__Work item__
Write out, word for word, every line in the data below from the one containing "fn signed<E: Enclose>(c: i8, e: E) -> E" to the one containing "result ≤ E.size e", both of them included.

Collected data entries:
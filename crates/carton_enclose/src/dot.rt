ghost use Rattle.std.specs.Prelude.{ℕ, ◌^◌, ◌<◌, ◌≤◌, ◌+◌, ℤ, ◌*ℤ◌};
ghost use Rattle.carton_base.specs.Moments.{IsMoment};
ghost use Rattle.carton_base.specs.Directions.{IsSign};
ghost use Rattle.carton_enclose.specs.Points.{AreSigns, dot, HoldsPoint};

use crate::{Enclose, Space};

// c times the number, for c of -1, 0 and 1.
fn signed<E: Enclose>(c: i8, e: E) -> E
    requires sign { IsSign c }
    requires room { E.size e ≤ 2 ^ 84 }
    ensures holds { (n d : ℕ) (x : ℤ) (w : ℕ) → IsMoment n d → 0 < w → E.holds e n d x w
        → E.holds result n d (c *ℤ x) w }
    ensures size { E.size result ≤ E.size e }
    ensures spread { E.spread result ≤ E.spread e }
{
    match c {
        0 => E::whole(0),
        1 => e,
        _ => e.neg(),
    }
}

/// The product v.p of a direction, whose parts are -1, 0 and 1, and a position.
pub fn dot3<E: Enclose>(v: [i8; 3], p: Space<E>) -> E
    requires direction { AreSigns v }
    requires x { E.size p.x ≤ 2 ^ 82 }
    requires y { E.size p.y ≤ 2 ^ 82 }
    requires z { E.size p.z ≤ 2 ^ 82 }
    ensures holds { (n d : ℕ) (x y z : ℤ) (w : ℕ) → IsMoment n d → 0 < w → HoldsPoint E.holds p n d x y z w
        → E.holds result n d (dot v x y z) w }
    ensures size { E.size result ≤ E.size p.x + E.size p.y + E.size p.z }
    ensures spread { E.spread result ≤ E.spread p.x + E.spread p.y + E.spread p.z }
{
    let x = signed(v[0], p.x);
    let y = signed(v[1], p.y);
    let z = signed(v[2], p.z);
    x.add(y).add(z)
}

...

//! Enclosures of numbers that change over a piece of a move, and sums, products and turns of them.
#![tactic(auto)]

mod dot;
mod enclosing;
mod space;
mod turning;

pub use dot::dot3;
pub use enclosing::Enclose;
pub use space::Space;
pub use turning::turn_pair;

--

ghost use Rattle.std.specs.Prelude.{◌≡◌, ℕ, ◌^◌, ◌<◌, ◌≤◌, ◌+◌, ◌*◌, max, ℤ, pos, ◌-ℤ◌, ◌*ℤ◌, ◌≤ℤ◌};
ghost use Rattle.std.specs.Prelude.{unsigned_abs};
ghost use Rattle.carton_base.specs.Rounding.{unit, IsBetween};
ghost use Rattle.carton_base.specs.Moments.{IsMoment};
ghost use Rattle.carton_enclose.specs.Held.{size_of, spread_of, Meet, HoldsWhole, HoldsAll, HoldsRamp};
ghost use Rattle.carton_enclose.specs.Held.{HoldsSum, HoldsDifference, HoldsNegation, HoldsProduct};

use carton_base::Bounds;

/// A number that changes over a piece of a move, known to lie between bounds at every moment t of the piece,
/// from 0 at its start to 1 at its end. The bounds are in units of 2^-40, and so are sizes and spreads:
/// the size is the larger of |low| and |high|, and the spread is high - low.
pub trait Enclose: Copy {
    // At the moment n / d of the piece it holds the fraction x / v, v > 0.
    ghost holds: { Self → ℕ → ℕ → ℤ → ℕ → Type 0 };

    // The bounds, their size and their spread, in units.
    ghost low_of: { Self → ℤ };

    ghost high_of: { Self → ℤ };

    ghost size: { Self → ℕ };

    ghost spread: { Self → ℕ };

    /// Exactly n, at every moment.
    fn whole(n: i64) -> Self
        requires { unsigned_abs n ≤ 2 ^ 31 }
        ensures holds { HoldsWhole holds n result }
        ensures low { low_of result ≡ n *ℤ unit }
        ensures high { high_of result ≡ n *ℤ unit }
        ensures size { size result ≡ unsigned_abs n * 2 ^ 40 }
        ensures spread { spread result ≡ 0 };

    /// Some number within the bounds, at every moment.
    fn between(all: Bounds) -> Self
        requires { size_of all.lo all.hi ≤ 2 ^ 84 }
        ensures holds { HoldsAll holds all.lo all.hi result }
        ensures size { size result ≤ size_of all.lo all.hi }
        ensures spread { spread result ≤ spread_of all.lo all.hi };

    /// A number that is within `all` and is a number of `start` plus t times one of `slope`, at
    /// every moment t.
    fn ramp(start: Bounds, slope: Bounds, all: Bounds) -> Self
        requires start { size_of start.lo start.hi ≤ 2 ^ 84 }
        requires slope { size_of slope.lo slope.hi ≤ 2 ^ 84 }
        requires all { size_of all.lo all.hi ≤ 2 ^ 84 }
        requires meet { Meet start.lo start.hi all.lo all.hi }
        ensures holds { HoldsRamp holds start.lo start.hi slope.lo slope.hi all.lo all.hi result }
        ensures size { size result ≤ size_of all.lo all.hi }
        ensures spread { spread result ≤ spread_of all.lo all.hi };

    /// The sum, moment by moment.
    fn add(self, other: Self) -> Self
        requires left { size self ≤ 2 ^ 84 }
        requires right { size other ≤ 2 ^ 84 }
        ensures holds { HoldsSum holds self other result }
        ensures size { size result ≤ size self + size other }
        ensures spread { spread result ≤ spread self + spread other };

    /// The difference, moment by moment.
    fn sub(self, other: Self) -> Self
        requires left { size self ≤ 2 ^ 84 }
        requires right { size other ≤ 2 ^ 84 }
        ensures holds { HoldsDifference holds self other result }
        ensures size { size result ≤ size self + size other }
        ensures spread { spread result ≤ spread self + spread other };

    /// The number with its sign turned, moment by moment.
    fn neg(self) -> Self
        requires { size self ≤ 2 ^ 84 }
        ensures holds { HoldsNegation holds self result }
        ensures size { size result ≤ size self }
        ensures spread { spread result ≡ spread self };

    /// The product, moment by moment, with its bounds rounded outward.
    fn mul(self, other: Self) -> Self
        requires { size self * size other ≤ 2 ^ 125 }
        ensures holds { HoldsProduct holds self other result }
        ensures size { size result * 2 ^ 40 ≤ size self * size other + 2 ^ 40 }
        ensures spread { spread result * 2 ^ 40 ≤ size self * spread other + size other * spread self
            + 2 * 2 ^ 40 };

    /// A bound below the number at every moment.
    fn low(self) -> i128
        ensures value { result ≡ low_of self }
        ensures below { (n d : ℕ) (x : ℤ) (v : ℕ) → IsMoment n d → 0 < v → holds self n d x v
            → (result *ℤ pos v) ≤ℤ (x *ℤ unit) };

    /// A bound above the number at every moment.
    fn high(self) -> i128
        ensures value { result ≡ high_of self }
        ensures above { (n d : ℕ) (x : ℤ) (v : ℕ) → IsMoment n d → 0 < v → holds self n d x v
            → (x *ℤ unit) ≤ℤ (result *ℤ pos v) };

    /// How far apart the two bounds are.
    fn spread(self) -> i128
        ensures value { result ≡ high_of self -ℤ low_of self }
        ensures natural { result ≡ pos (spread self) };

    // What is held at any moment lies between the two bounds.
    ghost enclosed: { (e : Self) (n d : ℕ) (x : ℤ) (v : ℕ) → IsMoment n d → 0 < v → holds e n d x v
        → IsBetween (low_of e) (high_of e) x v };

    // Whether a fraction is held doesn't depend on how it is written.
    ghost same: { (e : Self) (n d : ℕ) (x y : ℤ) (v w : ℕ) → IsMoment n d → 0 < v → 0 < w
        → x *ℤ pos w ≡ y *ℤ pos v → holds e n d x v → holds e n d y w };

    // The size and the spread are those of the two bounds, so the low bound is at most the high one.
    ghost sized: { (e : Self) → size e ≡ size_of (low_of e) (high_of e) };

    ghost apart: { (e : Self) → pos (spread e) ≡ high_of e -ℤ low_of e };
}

__Solution to this task__
fn signed<E: Enclose>(c: i8, e: E) -> E
    requires sign { IsSign c }
    requires room { E.size e ≤ 2 ^ 84 }
    ensures holds { (n d : ℕ) (x : ℤ) (w : ℕ) → IsMoment n d → 0 < w → E.holds e n d x w
        → E.holds result n d (c *ℤ x) w }
    ensures size { E.size result ≤ E.size e }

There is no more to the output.